From the second attachment you can see that we can gain ~20 Mpc by improving our noise from 40-20Hz. In the first attachment you can see that the shoulders on the 60Hz lines are costing us.
Last night I posted an incomplete ASC noise budget that shows that DHARD P+Y are both making large contributions to the DARM noise in this band. 47176 Since this is the band that we need to improve I started to look at why this noise is worse. The third attachment shows a comparison of the DHARD P control signals from October 25th and last night, you can see that the control signal is about a factor of 10 larger in the band where it limits DARM than it was in October. The RPC output is not included in this plot or in the noise budget that I posted last night, but it is too small to matter. The 4th attachment shows a comparison of the filters we were using in October; in addition to the filter change we are now using a gain of -42 instead of -30 in October.
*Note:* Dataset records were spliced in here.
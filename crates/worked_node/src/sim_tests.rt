//! Simulations of files.

use super::start_tests::{GENESIS, ends, own_folder, remove, write_file};

/// What comes of one block from the last peer.
const LAST_TOLD: &str = "height 1
arrivals 1
peer 1 0
peer 2 0
peer 3 0
peer 4 0
peer 5 0
peer 6 0
peer 7 0
peer 8 1
heights ok
follower 1
";

/// The same with three clients.
const LAST_TOLD_TO_THREE: &str = "height 1
arrivals 1
peer 1 0
peer 2 0
peer 3 0
peer 4 0
peer 5 0
peer 6 0
peer 7 0
peer 8 1
heights ok
follower 1
follower 1
follower 1
";

/// The same where blocks are discarded that leave others no place: there were none.
const LAST_TOLD_OF_DISCARDS: &str = "height 1
arrivals 1
peer 1 0
peer 2 0
peer 3 0
peer 4 0
peer 5 0
peer 6 0
peer 7 0
peer 8 1
discarded 0
heights ok
follower 1
";

/// A script with one block, which the last peer sends.
const LAST: &str = "block A1 genesis 1\nsend 8 A1\n";

/// Scripts of files with the status, what is printed and what is told.
const SCRIPTS: &[(&str, (u8, &str, &str))] = &[
    (LAST, (0, LAST_TOLD, "")),
    (
        "block A1 genesis 1\nsend 9 A1\n",
        (1, "", "line 2: BadLine\n"),
    ),
    ("send 1 A1\n", (1, "", "line 1: UnknownName\n")),
    ("tip\n", (1, "", "line 1: BadLine\n")),
];

#[test]
fn simulations_of_files(rt: HostRuntime) {
    let folder = own_folder(&rt);
    let genesis = write_file(&rt, &folder, "genesis.toml", GENESIS);
    for (text, (status, printed, told)) in SCRIPTS {
        let script = write_file(&rt, &folder, "some.script", &[*text]);
        let words = ["node", "sim", "--script", &script, "--genesis", &genesis];
        ends(&rt, words.as_slice(), *status, *printed, *told);
    }
    let script = write_file(&rt, &folder, "some.script", &[LAST]);
    let words = [
        "node",
        "sim",
        "--script",
        &script,
        "--genesis",
        &genesis,
        "--clients",
        "3",
    ];
    ends(&rt, words.as_slice(), 0, LAST_TOLD_TO_THREE, "");
    let words = [
        "node",
        "sim",
        "--discard",
        "--script",
        &script,
        "--genesis",
        &genesis,
    ];
    ends(&rt, words.as_slice(), 0, LAST_TOLD_OF_DISCARDS, "");
    let words = ["node", "sim", "--script", "no/such", "--genesis", &genesis];
    ends(&rt, words.as_slice(), 1, "", "cannot read no/such\n");
    let words = ["node", "sim", "--script", "s", "--genesis", "no/such"];
    ends(&rt, words.as_slice(), 1, "", "cannot read no/such\n");
    remove(&rt, &folder);
}
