//! Readers of assets (RFC 8949, sections 3.1 and 4.2.1): from a slice to what stands first and the bytes
//! after it. They take time in proportion to the bytes, and a count that the bytes claim reserves nothing.

ghost use Rattle.std.specs.Prelude.{◌≡◌, map, IfErr};
ghost use Rattle.model.specs.Value as model;
ghost use Rattle.cbor.specs.Gives.{Gives, IfWant};
ghost use Rattle.cbor.specs.Bare.{BeginsWithHead};
ghost use Rattle.value.specs.Reading.{token_at, policy_at, coin_and_at, value_at};
ghost use Rattle.value.specs.View.{token_of, policy_of, value_with};

use crate::assets::{MAX_NAME, Policy, Token};
use crate::quantity::Quantity;
use cbor::{CborFault, DecodeEntry};
use ident::ScriptHash;
use std::alloc::Global;

/// A name and its quantity.
impl<Q: Quantity> DecodeEntry for Token<Q> {
    ghost Plain = { model.Token Q };

    ghost plain = { token_of };

    ghost decoded_at = { token_at Q.quantity_at };

    #[tactic(auto, unfolding(crate::specs::Reading::token_at, cbor::specs::Shapes::entry_at))]
    fn decode_entry<'a>(
        alloc: Global,
        before: &[u8],
        bytes: &'a [u8],
    ) -> Result<(Token<Q>, &'a [u8], &'a [u8]), CborFault> {
        let (name, rest) = cbor::short(bytes, MAX_NAME).ok_or(CborFault::Malformed)?;
        let text = cbor::rising(before, bytes, rest).ok_or(CborFault::Malformed)?;
        let (quantity, rest) = Q::read(rest).ok_or(CborFault::Malformed)?;
        let name = Vec::from_slice(alloc, name)?;
        Ok((Token { name, quantity }, text, rest))
    }
}

/// A policy and its tokens.
impl<Q: Quantity> DecodeEntry for Policy<Q> {
    ghost Plain = { model.Policy Q };

    ghost plain = { policy_of };

    ghost decoded_at = { policy_at Q.quantity_at };

    #[tactic(auto, unfolding(crate::specs::Reading::policy_at, cbor::specs::Shapes::entry_at))]
    fn decode_entry<'a>(
        alloc: Global,
        before: &[u8],
        bytes: &'a [u8],
    ) -> Result<(Policy<Q>, &'a [u8], &'a [u8]), CborFault> {
        let (id, rest) = cbor::fixed::<32>(bytes).ok_or(CborFault::Malformed)?;
        let text = cbor::rising(before, bytes, rest).ok_or(CborFault::Malformed)?;
        let (tokens, rest) = cbor::nonempty_map(alloc, rest)?;
        let id = ScriptHash::from_bytes(id);
        Ok((Policy { id, tokens }, text, rest))
    }
}

/// Coin and assets in an array, and the bytes after them. Only where such an array begins memory is asked for.
#[tactic(auto, unfolding(crate::specs::Reading::coin_and_at, cbor::specs::Shapes::as_at, cbor::specs::Shapes::array_at, cbor::specs::Shapes::both_at))]
fn coin_and_assets(alloc: Global, bytes: &[u8]) -> Result<(u64, Vec<Policy<u64>>, &[u8]), CborFault>
    ensures exact { Gives (λ x. (value_with x.0 x.1.items, x.2.now)) result (coin_and_at bytes.now) }
    ensures begins { IfErr result (λ fault. IfWant fault (BeginsWithHead 4 2 bytes.now)) }
{
    let members = cbor::members(bytes, 2).ok_or(CborFault::Malformed)?;
    let (coin, rest) = cbor::unsigned(members).ok_or(CborFault::Malformed)?;
    let (assets, rest) = cbor::nonempty_map(alloc, rest)?;
    Ok((coin, assets, rest))
}

/// Coin alone or with assets, and the bytes after them. Coin alone asks for no memory.
#[tactic(auto, unfolding(crate::specs::Reading::value_at, cbor::specs::Shapes::either_at, cbor::specs::Shapes::as_at))]
pub fn coin_with(alloc: Global, bytes: &[u8]) -> Result<(u64, Vec<Policy<u64>>, &[u8]), CborFault>
    ensures exact { Gives (λ x. (value_with x.0 x.1.items, x.2.now)) result (value_at bytes.now) }
    ensures begins { IfErr result (λ fault. IfWant fault (BeginsWithHead 4 2 bytes.now)) }
{
    if let Some((coin, rest)) = cbor::unsigned(bytes) {
        return Ok((coin, Vec::new(alloc), rest));
    }
    coin_and_assets(alloc, bytes)
}
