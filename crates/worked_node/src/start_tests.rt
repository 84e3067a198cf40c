//! Command lines, files and statuses.

use commands::start;
use hosting::Process;
use std::fs::File;
use std::io::Write;
use std::process::Abort;
use std::rt::Files;
use std::sync::Wait;
use std::thread::Threads;
use std::{fs, io};

// Each way out of a function drops all that it owns, which makes its proof longer. So a lack of memory and what can't
// be otherwise end a test on the spot.

/// What is said where memory runs out.
pub const MEMORY: &str = "memory";

/// The words of a command line.
fn words_of(rt: &(impl Abort + AllocGlobal), words: &[&str]) -> Vec<String> {
    let mut all = Vec::new(rt.alloc());
    for word in words {
        let text = (*word).to_string(rt.alloc()).expect(rt, MEMORY);
        all.push(text).expect(rt, MEMORY);
    }
    all
}

/// What was written is this text, or begins with it where two points stand at its end.
fn is_said(rt: &impl Abort, said: &[u8], text: &str) {
    match text.strip_suffix("..") {
        Some(beginning) => assert!(rt; said.starts_with(beginning.as_bytes())),
        None => assert!(rt; said == text.as_bytes()),
    }
}

/// The program ends with this status. It has printed the one text on standard output and told the other on standard
/// error, or something where that is `?`. Standard input is empty.
pub fn ends(
    rt: &(impl Abort
        + Files<File = File>
        + AllocGlobal
        + Threads
        + Wait
        + Process
        + Copy
        + Send
        + Sync
        + 'static),
    words: &[&str],
    status: u8,
    printed: &str,
    told: &str,
) {
    ends_on(rt, words, b"".as_slice(), (status, printed, told));
}

/// The same with this standard input.
pub fn ends_on(
    rt: &(impl Abort
        + Files<File = File>
        + AllocGlobal
        + Threads
        + Wait
        + Process
        + Copy
        + Send
        + Sync
        + 'static),
    words: &[&str],
    input: &[u8],
    (status, printed, told): (u8, &str, &str),
) {
    let words = words_of(rt, words);
    let mut input = input;
    let mut out = Vec::new(rt.alloc());
    let mut err = Vec::new(rt.alloc());
    let answer = start(rt, words.as_slice(), &mut input, &mut out, &mut err);
    let (out, err) = (out.as_slice(), err.as_slice());
    assert!(rt; answer == status);
    is_said(rt, out, printed);
    match told {
        "?" => assert!(rt; !err.is_empty()),
        _ => is_said(rt, err, told),
    }
}

/// Command lines that are refused.
const REFUSED: &[&[&str]] = &[
    &["node"],
    &["node", "walk"],
    &["node", "run"],
    &["node", "sim"],
    &["node", "sim", "--genesis", "g"],
    &["node", "sim", "--script", "s"],
    &[
        "node",
        "sim",
        "--genesis",
        "g",
        "--script",
        "s",
        "--log",
        "l",
    ],
    &[
        "node",
        "sim",
        "--genesis",
        "g",
        "--script",
        "s",
        "--clients",
        "0",
    ],
    &[
        "node",
        "sim",
        "--genesis",
        "g",
        "--script",
        "s",
        "--clients",
        "9",
    ],
    &[
        "node",
        "sim",
        "--genesis",
        "g",
        "--script",
        "s",
        "--explain",
    ],
    &[
        "node",
        "replay",
        "--genesis",
        "g",
        "--log",
        "l",
        "--explain",
    ],
    &["node", "replay", "--log", "l"],
    &["node", "id"],
    &["node", "id", "text", "f"],
    &["node", "id", "block", "f", "g"],
    &["node", "id", "block", "f", "--genesis", "g"],
    &["node", "show"],
    &["node", "show", "text", "f"],
    &["node", "show", "genesis"],
    &["node", "show", "--scheme", "rsa", "block", "f"],
    &["node", "check", "f"],
    &["node", "check", "--genesis", "g", "f", "g"],
    &["node", "check", "--genesis", "g", "--slot", "-1", "f"],
    &[
        "node",
        "check",
        "--genesis",
        "g",
        "--slot",
        "18446744073709551616",
        "f",
    ],
    &["node", "replay", "--genesis", "g", "--script", "s"],
    &["node", "run", "--genesis", "g"],
    &["node", "run", "--genesis", "g", "--script"],
    &["node", "run", "--genesis", "g", "--script", "s", "t"],
    &[
        "node",
        "run",
        "--genesis",
        "g",
        "--script",
        "s",
        "--script",
        "t",
    ],
];

#[test]
fn refused_command_lines(rt: HostRuntime) {
    for words in REFUSED {
        ends(&rt, *words, 2, "", "?");
    }
}

/// Command lines that are answered by the program alone, and what is printed.
const ANSWERED: &[(&[&str], &str)] = &[
    (&["node", "--help"], "The chain database of a node\n.."),
    (&["node", "run", "--help"], "Run a script.."),
    (&["node", "sim", "--help"], "Have peers send blocks.."),
    (&["node", "replay", "--help"], "Open a log.."),
    (&["node", "id", "--help"], "Print the identifier.."),
    (&["node", "check", "--help"], "Say whether.."),
    (&["node", "show", "--help"], "Print what a transaction.."),
    (&["node", "serve", "--help"], "Stay.."),
    (&["node", "--version"], "node 0.1.0\n"),
];

#[test]
fn help_and_version(rt: HostRuntime) {
    for (words, printed) in ANSWERED {
        ends(&rt, *words, 0, *printed, "");
    }
}

/// Makes a folder that this test alone writes to: the first of these names that is free.
pub fn own_folder(rt: &(impl Abort + Files + AllocGlobal)) -> String {
    for number in 0..1000u64 {
        let path = format!(in rt.alloc(); "/tmp/node_tests_{number}").expect(rt, MEMORY);
        if fs::create_dir(rt, path.as_str()).is_ok() {
            return path;
        }
    }
    panic!(rt; "no folder is free")
}

/// The lines of a genesis behind its network and k.
pub const OTHER_NUMBERS: &str = "min_fee_a = 1
min_fee_b = 100
min_utxo = 10
max_tx_size = 4096
max_body_size = 65536
max_volatile = 100
max_mempool = 100
";

/// Its outputs: 1,200 lovelace to the key of 32 bytes 01.
pub const OUTPUT: &str = "[[output]]
key = \"0101010101010101010101010101010101010101010101010101010101010101\"
coin = 1200
";

/// A genesis.
pub const GENESIS: &[&str] = &["network = 0\nk = 2\n", OTHER_NUMBERS, OUTPUT];

/// Writes parts to the file of this name in a folder, and answers its path.
pub fn write_file(
    rt: &(impl Abort + Files + AllocGlobal),
    folder: &str,
    name: &str,
    parts: &[&str],
) -> String {
    let mut text = String::new(rt.alloc());
    for part in parts {
        text.push_str(part).expect(rt, MEMORY);
    }
    let path = format!(in rt.alloc(); "{folder}/{name}").expect(rt, MEMORY);
    fs::write(rt, path.as_str(), text.as_bytes()).expect(rt, "a file");
    path
}

/// The script of a file is run under the genesis of another, with this status, and this is printed and told.
fn runs(
    rt: &(impl Abort
        + Files<File = File>
        + AllocGlobal
        + Threads
        + Wait
        + Process
        + Copy
        + Send
        + Sync
        + 'static),
    genesis: &str,
    script: &str,
    (status, printed, told): (u8, &str, &str),
) {
    let words = ["node", "run", "--script", script, "--genesis", genesis];
    ends(rt, words.as_slice(), status, printed, told);
}

/// Removes a folder.
pub fn remove(rt: &(impl Abort + Files + AllocGlobal), folder: &str) {
    fs::remove_dir_all(rt, folder).expect(rt, "a folder");
}

/// Scripts that can't be read, and what is told.
const NO_SCRIPTS: &[(&str, &str)] = &[
    ("no/such.script", "cannot read no/such.script\n"),
    ("/", "read failed\n"),
];

/// Files that can't be read as a genesis, which is read first: a folder and a file without end neither.
const NO_GENESIS: &[(&str, &str)] = &[
    ("no/such.toml", "cannot read no/such.toml\n"),
    ("/", "cannot read /\n"),
    ("/dev/zero", "cannot read /dev/zero\n"),
];

#[test]
fn files_that_cannot_be_read(rt: HostRuntime) {
    let folder = own_folder(&rt);
    let genesis = write_file(&rt, &folder, "genesis.toml", GENESIS);
    for (path, told) in NO_SCRIPTS {
        runs(&rt, &genesis, *path, (1, "", *told));
    }
    for (path, told) in NO_GENESIS {
        runs(&rt, *path, "no/such.script", (1, "", *told));
    }
    remove(&rt, &folder);
}

/// Texts of genesis files with a fault, in parts, and what is told of them.
const FAULTS: &[(&[&str], &str)] = &[
    (
        &["network = 0\nk =\n", OTHER_NUMBERS, OUTPUT],
        "genesis: 1 NotToml\n",
    ),
    (&[], "genesis: 2 BadShape\n"),
    (&["k = 0\n", OTHER_NUMBERS, OUTPUT], "genesis: 2 BadShape\n"),
    (
        &["network = 0\nk = 0\n", OTHER_NUMBERS, OUTPUT],
        "genesis: 3 OutOfRange\n",
    ),
    (
        &[
            "network = 0\nk = 2\n",
            OTHER_NUMBERS,
            "[[output]]\nkey = \"01010101010101010101010101010101010101010101010101010101010101\"\ncoin = 0\n",
        ],
        "genesis: 4 BadAddress\n",
    ),
    (
        &[
            "network = 0\nk = 2\n",
            OTHER_NUMBERS,
            "[[output]]\nkey = \"0101010101010101010101010101010101010101010101010101010101010101\"\ncoin = 0\n",
        ],
        "genesis: 5 BadCoin\n",
    ),
    (
        &["network = 0\nk = 2\n", OTHER_NUMBERS, "output = []\n"],
        "genesis: 6 BadOutputs\n",
    ),
];

// The first fault of the genesis is told, and no script is opened.
#[test]
fn faults_of_the_genesis(rt: HostRuntime) {
    let folder = own_folder(&rt);
    for (parts, told) in FAULTS {
        let genesis = write_file(&rt, &folder, "genesis.toml", parts);
        runs(&rt, &genesis, "no/such.script", (1, "", *told));
    }
    // Bytes that are no text.
    let genesis = write_file(&rt, &folder, "bytes", &[]);
    fs::write(&rt, genesis.as_str(), b"# \xff\n".as_slice()).expect(&rt, "a file");
    let told = "genesis: 1 NotToml\n";
    runs(&rt, &genesis, "no/such.script", (1, "", told));
    remove(&rt, &folder);
}

/// A writer that takes nothing.
#[derive(Drop)]
struct Closed {}

impl Write for Closed {
    fn write(&mut self, _buf: &[u8]) -> io::Result<usize> {
        Err(io::Error::from(io::ErrorKind::Other))
    }

    fn flush(&mut self) -> io::Result<()> {
        Ok(())
    }
}

/// Scripts of files with the status, what is printed and what is told.
const SCRIPTS: &[(&str, (u8, &str, &str))] = &[
    (
        "block A1 genesis 1\narrive A1\ntip",
        (0, "arrive A1: kept back 0 added 1\ntip: 1 A1\n", ""),
    ),
    (
        "tip\ntip tip\ntip\n",
        (1, "tip: 0 genesis\n", "line 2: BadLine\n"),
    ),
    (
        "tip\narrive A1\n",
        (1, "tip: 0 genesis\n", "line 2: UnknownName\n"),
    ),
    ("raw A1 80\n\nraw A1 80\n", (1, "", "line 3: NameTaken\n")),
    (
        "block A1 genesis 9223372036854775808\n",
        (1, "", "line 1: NotBuilt\n"),
    ),
];

#[test]
fn scripts_of_files(rt: HostRuntime) {
    let folder = own_folder(&rt);
    let genesis = write_file(&rt, &folder, "genesis.toml", GENESIS);
    for (text, end) in SCRIPTS {
        let script = write_file(&rt, &folder, "some.script", &[*text]);
        runs(&rt, &genesis, &script, *end);
    }
    remove(&rt, &folder);
}

/// These words end with status 1 where standard output takes nothing, and that is told.
fn fails_to_write(
    rt: &(impl Abort
        + Files<File = File>
        + AllocGlobal
        + Threads
        + Wait
        + Process
        + Copy
        + Send
        + Sync
        + 'static),
    words: &[&str],
) {
    let words = words_of(rt, words);
    let mut err = Vec::new(rt.alloc());
    let mut input = b"".as_slice();
    let status = start(rt, words.as_slice(), &mut input, &mut Closed {}, &mut err);
    assert!(rt; status == 1);
    assert!(rt; err.as_slice() == b"write failed\n".as_slice());
}

#[test]
fn output_that_is_closed(rt: HostRuntime) {
    let folder = own_folder(&rt);
    let genesis = write_file(&rt, &folder, "genesis.toml", GENESIS);
    let script = write_file(&rt, &folder, "some.script", &["tip\n"]);
    let words = [
        "node",
        "run",
        "--genesis",
        genesis.as_str(),
        "--script",
        script.as_str(),
    ];
    fails_to_write(&rt, words.as_slice());
    fails_to_write(&rt, ["node", "--help"].as_slice());
    remove(&rt, &folder);
}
The last attachment shows a comparison of the coupling (DARM uncalibrated ASD/DHARD out ASD), you can see that the coupling hasn't changed much since October and most of the difference in noise is due to the loop shaping. We have had many problems with the stability of the DHARD loop, which have been written about in several alogs, which is why the gain of this loop has increased, and the cut offs have become less aggressive. It has been a while since we measured DHARD, so we were planning to try to get a good measurement before the earthquake hit.
I ran a linear noise subtraction (T1800552T1800552) using all ASC signals, MICH/SRCL/PRCL and ISS signals. I used 600 seconds starting from GPS 1235390418. The first plot shows that the noise subtraction is effective at low frequencies, and improves the range from 93.8 MPc to 96.7 MPc (estimated using gwpy and GDS-CALIB_STRAIN). So 2.9 MPc more, no quite O(10 MPc) as Sheila expected.
The second plot shows the main contributions.